How should we respond to all this? Firstly by arguing that this is a question of democracy and that a government in a hung parliament has no right to change its leader without going for a general election. Even the media are now considering that if he becomes leader Johnson may not be capable of commanding a Commons majority. Labour has said it will table a no confidence motion immediately which it may win and that will set in train a general election.
Secondly, we have to organise from now against the new leader – still most likely Johnson. Every single campaign has to gear up to opposing the tax cuts for the rich, austerity, war mongering, sexism and racism which are part of Johnson’s DNA. We have to make it impossible for them to govern, since they have no mandate to do so. The whole effort of the wider labour movement should be turned towards this agitation and towards the demand for a general election.
Unfortunately Labour’s right has no intention of following either of these paths. Instead Tom Watson is relentlessly attacking the leadership and increasing his campaign for a second referendum. This is – let’s be clear – an alternative to a general election, because the last thing Watson wants is a Corbyn led government. The demand for a second referendum is growing among the shadow cabinet, with John McDonnell retreating towards one in recent days.
This would, I think, be disastrous for Labour and would cost it many seats and almost certainly a parliamentary majority. It would almost certainly have longer term effects on labour’s electoral support. And it would be a betrayal of a democratic result which will not be forgiven by many voters.

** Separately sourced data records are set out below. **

// What the bytes of an order say.
ghost use Rattle.std.specs.Prelude.{◌≡◌, true, false, ℕ, ◌+◌, ◌-◌, ◌*◌, ◌^◌, ◌≤◌, ◌<◌, length, MatchOption};
ghost use Rattle.std.specs.Float.{binary64};
ghost use Rattle.std.specs.Float.Ieee.{of_bits};
ghost use Rattle.numbers.specs.Overlay.{overlay};
ghost use Rattle.order.specs.Form.{byte_at, number_from, number_at, header_of, well_formed, bit_of, points_of, queries_of, points, queries, hold, allow, method};

use table::method::ConvexMonotone;

// Behind the last byte stand zeros.
fn byte_at(order: &[u8], i: usize) -> u64
    ensures { (result ≡ byte_at order.now i) × (result < 256) }
{
    if i < order.len() {
        return u64::from(order[i]);
    }
    0
}

// The number in `count` bytes from a place on, the most significant first. By places: a byte past the end counts as 0, so there is no slice to go over.
fn number_from(order: &[u8], at: usize, count: usize) -> u64
    requires { (at ≤ 4096) × (count ≤ 8) }
    ensures { (result ≡ number_from order.now at count) × (result < 256 ^ count) }
{
    let mut w: u64 = 0;
    for k in 0..count {
        w = w * 256 + byte_at(order, at + k);
    }
    w
}

// One of the header's bits, named by its worth.
fn bit(header: u64, worth: u64) -> bool
    requires { 0 < worth }
    ensures { result ≡ bit_of header worth }
{
    header / worth % 2 == 1
}

fn points_of(header: u64) -> usize
    ensures { (result ≡ points_of header) × (result < 4096) }
{
    (header / 4096 % 4096) as usize
}

fn queries_of(header: u64) -> usize
    ensures { (result ≡ queries_of header) × (result < 4096) }
{
    (header % 4096) as usize
}

fn well_formed(order: &[u8]) -> bool
    ensures { result ≡ well_formed order.now }
{
    let header = number_from(order, 0, 4);
    if header / 0x100_0000 % 32 != 0 {
        return false;
    }
    let points = points_of(header);
    let queries = queries_of(header);
    if 200 < points {
        return false;
    }
    if 64 < queries {
        return false;
    }
    order.len() == 20 + 16 * points + 8 * queries
}

// The bytes of a well-formed order.
#[derive(Clone, Copy)]
pub(crate) struct Form<'a> {
    pub bytes: &'a [u8],
    ghost sound: { well_formed bytes.now ≡ true },
}

impl<'a> Form<'a> {
    // The form of an order, where it is well formed.
    pub(crate) fn of(order: &'a [u8]) -> Option<Self>
        ensures { MatchOption result (well_formed order.now ≡ false) (λ form. form.bytes.now ≡ order.now) }
    {
        if !well_formed(order) {
            return None;
        }
        Some(Form { bytes: order })
    }

    fn header(self) -> u64
        ensures { (result ≡ header_of self.entry.bytes.now) × (result < 256 ^ 4) }
    {
        number_from(self.bytes, 0, 4)
    }

    pub(crate) fn points(self) -> usize
        ensures { (result ≡ points self.entry.bytes.now) × (result ≤ 200) }
    {
        points_of(self.header())
    }

    pub(crate) fn queries(self) -> usize
        ensures { (result ≡ queries self.entry.bytes.now) × (result ≤ 64) }
    {
        queries_of(self.header())
    }

    // Whether the last period is held.
    pub(crate) fn hold(self) -> bool
        ensures { result ≡ hold self.entry.bytes.now }
    {
        bit(self.header(), 0x4000_0000)
    }

    // Whether queries outside the knots are allowed.
    pub(crate) fn allow(self) -> bool
        ensures { result ≡ allow self.entry.bytes.now }
    {
        bit(self.header(), 0x2000_0000)
    }

    pub(crate) fn method(self) -> ConvexMonotone
        ensures { result ≡ method self.entry.bytes.now }
    {
        ConvexMonotone::new(
            self.float_at(4),
            self.float_at(12),
            bit(self.header(), 0x8000_0000),
        )
    }

    pub(crate) fn float_at(self, at: usize) -> f64
        requires { at ≤ 4096 }
        ensures { result ≡ number_at self.entry.bytes.now at }
    {
        numbers::of_bits(number_from(self.bytes, at, 8))
    }

    // Reads so many floats into the start of a lent buffer.
    pub(crate) fn read_floats(self, at: usize, count: usize, to: &mut [f64])
        requires { (at ≤ 2048) × (count ≤ 200) × (count ≤ length to.old) }
        ensures { to.new ≡ overlay 0 count (λ i. number_at self.entry.bytes.now (at + 8 * i)) to.old }
    {
        for i in 0..count {
            to[i] = self.float_at(at + 8 * i);
        }
    }
}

The left should not be fooled by this, whatever their views. A second referendum will play into the hands of Labour’s right, will strengthen Farage and his like, and will weaken Corbyn. Our high ground lies not in the often false Brexit divide but in campaigning over the kind of class politics which can win people to a left perspective.

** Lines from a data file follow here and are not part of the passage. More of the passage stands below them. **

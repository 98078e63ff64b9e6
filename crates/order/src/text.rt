// The lines of the answer, written into a lent buffer.
ghost use Rattle.std.specs.Prelude.{◌≡◌, ◌+◌, ◌-◌, ◌≤◌, ◌<◌, length};
ghost use Rattle.numbers.specs.Overlay.{overlay};
ghost use Rattle.order.specs.Text.{decimal, hexadecimal, hex_at, build_byte, query_byte};

use crate::asking::Line;

// The decimal digit of a worth.
fn decimal(n: u64, worth: u64) -> u8
    requires { 0 < worth }
    ensures { result ≡ decimal n worth }
{
    (48 + n / worth % 10) as u8
}

fn hexadecimal(d: u64) -> u8
    requires { d < 16 }
    ensures { result ≡ hexadecimal d }
{
    if d < 10 {
        return (48 + d) as u8;
    }
    (87 + d) as u8
}

// Sixteen hexadecimal digits, the most significant first. By places, as all of a line is written and as the contract has it.
fn put_hex(out: &mut [u8], at: usize, w: u64)
    requires { (at ≤ 4096) × (at + 16 ≤ length out.old) }
    ensures { out.new ≡ overlay at 16 (hex_at w) out.old }
{
    let mut left = w;
    for k in 0..16 {
        out[at + k] = hexadecimal(left / 0x1000_0000_0000_0000);
        left = left % 0x1000_0000_0000_0000 * 16;
    }
}

// `B rr nnnn`
pub(crate) fn put_build(out: &mut [u8], refusal: u64, sections: u64)
    requires { 10 ≤ length out.old }
    ensures { out.new ≡ overlay 0 10 (build_byte refusal sections) out.old }
{
    out[0] = b'B';
    out[1] = b' ';
    out[2] = decimal(refusal, 10);
    out[3] = decimal(refusal, 1);
    out[4] = b' ';
    out[5] = decimal(sections, 1000);
    out[6] = decimal(sections, 100);
    out[7] = decimal(sections, 10);
    out[8] = decimal(sections, 1);
    out[9] = b'\n';
}

// `Q rr `
fn put_start(out: &mut [u8], at: usize, refusal: u64)
    requires { (at ≤ 4096) × (at + 39 ≤ length out.old) }
    ensures { out.new ≡ overlay at 5 (query_byte refusal 0 0) out.old }
{
    out[at] = b'Q';
    out[at + 1] = b' ';
    out[at + 2] = decimal(refusal, 10);
    out[at + 3] = decimal(refusal, 1);
    out[at + 4] = b' ';
}

// `Q rr v p`
pub(crate) fn put_query(out: &mut [u8], at: usize, line: Line)
    requires { (at ≤ 4000) × (at + 39 ≤ length out.old) }
    ensures { out.new ≡ overlay at 39 (query_byte line.refusal line.value line.primitive) out.old }
{
    put_start(out, at, line.refusal);
    put_hex(out, at + 5, line.value);
    out[at + 21] = b' ';
    put_hex(out, at + 22, line.primitive);
    out[at + 38] = b'\n';
}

Race, class, sex and American justice
I would urge everyone to catch up on the Netflix series When They See Us, the story of five black and Hispanic teenagers who were charged with the brutal rape of a lone jogger in Central Park, New York, back in the 1980s. These were kids against whom there was no evidence, apart from mutually contradictory statements extracted after hours of hunger and distress. Forensic evidence pointed to one attacker, whose DNA was different from all of the five, and police and prosecutors were aware of the weakness of the case before it even came to court.

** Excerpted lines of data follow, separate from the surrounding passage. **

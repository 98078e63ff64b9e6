// The order form's other side: an order's bytes go in, and the answer's text comes out.
#![tactic(auto)]

pub mod answer;
mod asking;
mod form;
mod text;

A case that should have been thrown out instead ended in conviction, as it became politicised on racial lines – not least by the younger incarnation of Donald J Trump, who called for the death penalty. The accused were portrayed as a feral pack, the woman was a wealthy white. Despite protests at the time, they all spent years in jail, and the last ones were only freed when the real rapist confessed.
It reminded me of the Scottsboro Boys case from the 1930s Deep South where young blacks were again unjustly accused of raping white women. The racialised and sexualised nature of US justice hasn’t changed, and this is a powerful expose of how it operates.